ストロンでは、LiNewがプロジェクトオーナーとして入り、若手や駆け出しエンジニアのさらなるスキルアップをサポートしています。設計書の制作からはじまり、プロダクト開発の一連の流れを体感いただけるプログラムになっているため、エンジニア自身で考え、サービス開発を遂行できるレベルまで到達することが可能です。各企業様が開発したいシステムを題材に、ご希望のツールで開発することで、再現性高く自社プロダクトを開発できる人材を育成しています。
芝浦工業大学新熊教授は学習時に得られるデータを収集し、人工知能で解析することで学習効果の高い状態を推定、向上するシステムの研究をしています。今回の共同研究を通じて、より質の高いエンジニア教育の提供と、システム開発時のパフォーマンスを向上させる手法の創出を目指します。
【研究成果の概要】
芝浦工業大学工学部情報工学科・新熊亮一教授の研究室では、スマートシティの研究開発および社会実験に取り組んでおり、特に、センサネットワークで取得した三次元データをリアルタイムコンピューティングするエッジAI技術についての実績を有しています。
本研究開発では、オフィスでの研修や学校での教育環境において、三次元センサのみを用いて、学習効果を予測する技術に取り組んでいます。LIDAR(Light Detection and Ranging)は、レーザーにより、図1のように、物体の三次元形状を点群データとして取得する三次元センサです。これを用いて、PCで学習を行っている学習者のデータを取得します。取得したデータは、姿勢や手の動きの時系列変化を特徴として含んでいるため、これをエッジAI技術で抽出し、学習効果と対応させることで、予測が可能になります。
三次元センサから学習効果を予測する研究は世界初であり、タイピングの文字数を推定することに成功した成果が2023年1月開催予定の国際会議IEEE CCNC ※に採録されることになりました(https://arxiv.org/abs/2211.09334)。

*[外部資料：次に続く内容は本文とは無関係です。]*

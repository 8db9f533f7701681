// Datagrams are read and written, and shown in numbers.
ghost use Rattle.std.specs.Prelude.{◌≡◌, ◌≢◌, true, false, Ok, length, nat_le, if◌then◌else◌, IfOk};
ghost use Rattle.hex.specs.Hex.{decode_of, encode_lower};
ghost use Rattle.text.specs.Texts.{numbers, authors, paired};
ghost use Rattle.link.specs.declared.datagram.Datagram.{Datagram};
ghost use Rattle.link.specs.declared.message.FromClient.{FromClient};
ghost use Rattle.link.specs.Hexadecimal.{IsHexadecimal};
ghost use Rattle.link.specs.Letters.{over};
ghost use Rattle.link.specs.Messages.{Message, from_client, with_message, Sendable, ByServer};
ghost use Rattle.link.specs.Shown.{from_server};
ghost use Rattle.link.specs.Spelling.{spelling};
ghost use Rattle.measured.specs.Datagrams.{row_of, datagram_in, letters_said, Spells, Reads, Takes, Writes, HasRoom};

use crate::datagram_row::{ACKNOWLEDGEMENT, DatagramRow, ENTRY, TEXT};
use link::datagram::{Acknowledgement, Datagram, Packet};
use link::hexadecimal::{read_hexadecimal, write_hexadecimal};
use link::message::{FromServer, TextToSend};
use link::reading::{read_from_client, read_from_server};
use link::refusal::WriteError;
use link::writing::{write_from_client, write_from_server, write_text};
use operation::entry::Entry;
use std::alloc::Global;

// Writes all of the one at the front of the other and says how much that is, or writes nothing where there is no room for it.
fn copy_front(from: &[u8], to: &mut [u8]) -> usize
    ensures answer { result ≡ (if nat_le (length from.now) (length to.old) then length from.now else 0) }
    ensures bytes { to.new ≡ (if nat_le (length from.now) (length to.old) then over from.now to.old else to.old) }
{
    let count = from.len();
    if count > to.len() {
        return 0;
    }
    to[..count].copy_from_slice(from);
    count
}

// A text's letters and their sites, or nothing where there is no room for them. Any other datagram has none.
fn copy_letters(datagram: Datagram<FromServer<'_>>, letters: &mut [u32], sites: &mut [u8]) -> bool
    ensures answer { HasRoom (with_message from_server datagram.entry) letters.old sites.old → result ≡ true }
    ensures letters { letters.new ≡ (if result then over (numbers (letters_said (with_message from_server datagram.entry))) letters.old else letters.old) }
    ensures sites { sites.new ≡ (if result then over (authors (letters_said (with_message from_server datagram.entry))) sites.old else sites.old) }
{
    match datagram {
        Datagram::Packet(
            Packet {
                message: FromServer::Text(snapshot),
                ..
            },
        ) => snapshot.letters.copy_to(letters, sites),
        _ => true,
    }
}

// The bytes of a datagram that is given in numbers, if it can be said.
pub(crate) fn written(
    alloc: Global,
    row: DatagramRow,
    letters: &[u32],
    sites: &[u8],
) -> Result<Vec<u8>, WriteError>
    ensures { IfOk result (λ v. Spells (datagram_in row (paired letters.now sites.now)) v.items) }
{
    let DatagramRow {
        kind,
        site,
        connection,
        number,
        revision,
        performed,
        ..
    } = row;
    match kind {
        ACKNOWLEDGEMENT => write_from_client(
            alloc,
            Datagram::Acknowledgement(Acknowledgement {
                connection,
                last: number,
            }),
        ),
        ENTRY => {
            let message = FromServer::Entry(Entry {
                place: revision,
                op: row.operation(),
            });
            write_from_server(
                alloc,
                Datagram::Packet(Packet {
                    connection,
                    number,
                    message,
                }),
            )
        }
        TEXT => {
            let text = TextToSend {
                site,
                performed,
                revision,
                letters,
                sites,
            };
            write_text(alloc, connection, number, text)
        }
        _ => {
            let message = row.from_client().ok_or(WriteError::Unfit)?;
            write_from_client(
                alloc,
                Datagram::Packet(Packet {
                    connection,
                    number,
                    message,
                }),
            )
        }
    }
}

// A datagram that came to the server is shown in numbers. Where it is refused the answer is false, and nothing is written.
#[unsafe(no_mangle)]
pub extern "C" fn measured_read_at_server(bytes: &[u8], row: &mut DatagramRow) -> bool
    ensures found { result ≡ true → (d : Datagram FromClient) × Reads (with_message from_client d) bytes.now row.new }
    ensures only { (d : Datagram FromClient) → Sendable (with_message from_client d) → bytes.now ≡ spelling (with_message from_client d) → result ≡ true }
    ensures kept { result ≡ false → row.new ≡ row.old }
{
    match read_from_client(bytes) {
        Ok(datagram) => {
            *row = DatagramRow::of_client(datagram);
            true
        }
        Err(_) => false,
    }
}

// The same of one that came to a client, with the letters of a text and their sites. The answer is false also where there is no room for these.
#[unsafe(no_mangle)]
pub extern "C" fn measured_read_at_client(
    bytes: &[u8],
    row: &mut DatagramRow,
    letters: &mut [u32],
    sites: &mut [u8],
) -> bool
    ensures found { result ≡ true → (d : Datagram Message) × ByServer d × Reads d bytes.now row.new × Takes d letters.old letters.new sites.old sites.new }
    ensures only { (d : Datagram Message) → ByServer d → Sendable d → bytes.now ≡ spelling d → HasRoom d letters.old sites.old → result ≡ true }
    ensures row { result ≡ false → row.new ≡ row.old }
    ensures kept { result ≡ false → (letters.new ≡ letters.old) × (sites.new ≡ sites.old) }
{
    let Ok(datagram) = read_from_server(bytes) else {
        return false;
    };
    if !copy_letters(datagram, letters, sites) {
        return false;
    }
    *row = DatagramRow::of_server(datagram);
    true
}

// Writes the bytes of a datagram, and says how many they are: 0 where it is refused, where memory is wanting, and where there is no room.
#[unsafe(no_mangle)]
pub extern "C" fn measured_write(
    alloc: Global,
    row: DatagramRow,
    letters: &[u32],
    sites: &[u8],
    to: &mut [u8],
) -> usize
    ensures written { result ≢ 0 → Writes (datagram_in row (paired letters.now sites.now)) to.old to.new result }
    ensures kept { result ≡ 0 → to.new ≡ to.old }
{
    match written(alloc, row, letters, sites) {
        Ok(bytes) => copy_front(bytes.as_slice(), to),
        Err(_) => 0,
    }
}

// Writes all of the one over the other if both are as long, and says so.
fn fill(from: &[u8], to: &mut [u8]) -> bool
    ensures { to.new ≡ (if result then from.now else to.old) }
{
    if from.len() != to.len() {
        return false;
    }
    to.copy_from_slice(from);
    true
}

// Writes the bytes that hexadecimal text says. Where it is refused, where memory is wanting, and where the bytes are not as many as there
// is room for, the answer is false, and nothing is written.
#[unsafe(no_mangle)]
pub extern "C" fn measured_read_hexadecimal(alloc: Global, text: &[u8], to: &mut [u8]) -> bool
    ensures found { result ≡ true → IsHexadecimal text.now × (decode_of text.now ≡ Ok to.new) }
    ensures kept { result ≡ false → to.new ≡ to.old }
{
    match read_hexadecimal(alloc, text) {
        Ok(bytes) => fill(bytes.as_slice(), to),
        Err(_) => false,
    }
}

// Writes bytes as hexadecimal text.
#[unsafe(no_mangle)]
pub extern "C" fn measured_write_hexadecimal(alloc: Global, bytes: &[u8], to: &mut [u8]) -> bool
    ensures found { result ≡ true → to.new ≡ encode_lower bytes.now }
    ensures kept { result ≡ false → to.new ≡ to.old }
{
    match write_hexadecimal(alloc, bytes) {
        Ok(text) => fill(text.as_bytes(), to),
        Err(_) => false,
    }
}
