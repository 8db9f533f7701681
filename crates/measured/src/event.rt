// What happens at an end of a line, and what comes of it, in numbers.
ghost use Rattle.std.specs.Prelude.{◌≡◌};

use crate::datagram_row::DatagramRow;
use link::refusal::Refusal;
use link::window::Numbers;

// At either end.
pub(crate) const TICK: u8 = 0;

pub(crate) const PACKET: u8 = 1;

pub(crate) const HEAR: u8 = 2;

pub(crate) const MESSAGE: u8 = 3;

pub(crate) const ANSWER: u8 = 4;

// At a client's.
pub(crate) const BEGIN: u8 = 5;

pub(crate) const SAW: u8 = 6;

pub(crate) const SEND: u8 = 7;

// At the server's.
pub(crate) const GIVE: u8 = 5;

pub(crate) const TOOK: u8 = 6;

pub(crate) const GROW: u8 = 7;

pub(crate) const END: u8 = 8;

#[repr(C)]
#[derive(Clone, Copy)]
pub struct Event {
    pub kind: u8,
    pub datagram: DatagramRow,
}

#[repr(C)]
#[derive(Clone, Copy)]
pub struct Outcome {
    // 0 where nothing comes of it, 3 where it is refused.
    pub answer: u8,
    pub after: u32,
    pub count: u32,
    pub datagram: DatagramRow,
}

impl Outcome {
    ghost use Rattle.measured.specs.Ends.{answered, refused, numbered, numbered_if_any, shown};

    pub(crate) fn answered(answer: u8) -> Outcome
        ensures { result ≡ answered answer }
    {
        Outcome {
            answer,
            after: 0,
            count: 0,
            datagram: DatagramRow::bare(0, 0, 0),
        }
    }

    // With the number by which a refusal is reported.
    pub(crate) fn refused(refusal: Refusal) -> Outcome
        ensures { result ≡ refused refusal }
    {
        Outcome {
            after: u32::from(refusal.number()),
            ..Outcome::answered(3)
        }
    }

    // These messages are sent.
    pub(crate) fn numbered(answer: u8, numbers: Numbers) -> Outcome
        ensures { result ≡ numbered answer numbers }
    {
        Outcome {
            after: numbers.after,
            count: numbers.count,
            ..Outcome::answered(answer)
        }
    }

    pub(crate) fn numbered_if_any(numbers: Option<Numbers>) -> Outcome
        ensures { result ≡ numbered_if_any numbers }
    {
        match numbers {
            None => Outcome::answered(0),
            Some(numbers) => Outcome::numbered(1, numbers),
        }
    }

    pub(crate) fn shown(datagram: DatagramRow) -> Outcome
        ensures { result ≡ shown datagram }
    {
        Outcome {
            datagram,
            ..Outcome::answered(1)
        }
    }
}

さらに、三次元センサのみから学習者の状態を推定する技術や学習後のテストのスコアを予測する技術についての成果を近々発表予定です。
図1.物体の三次元形状の点群データ
※1:LiDAR
Light Detection And Rangingの略称でライダーと読みます。人に無害なレーザー光を対象物に照射し、周囲の人物との位置や距離を点の集まりとして計測、集計、分析します。空間内の人物の顔などの画像・映像は認識せず、プライバシーを侵害することなく高精度な検知が可能な光センサ技術です。LiDARは、もともと航空機のレーダーや気象観測に使用されていました。現在は、自動車の障害物や周辺車両の検出、スマートフォンのカメラなどと組み合わせて写真撮影で効果的にピントをぼかすアシストや、VR(仮想現実)・AR(拡張現実)のための技術として一部利用されています。
※2:IEEE(Institute of Electrical and Electronics Engineers)
アメリカ合衆国のニューヨークに本部を置く、世界最大の学術研究団体です。現在世界160ヶ国以上、42万人を超える会員によって構成されています。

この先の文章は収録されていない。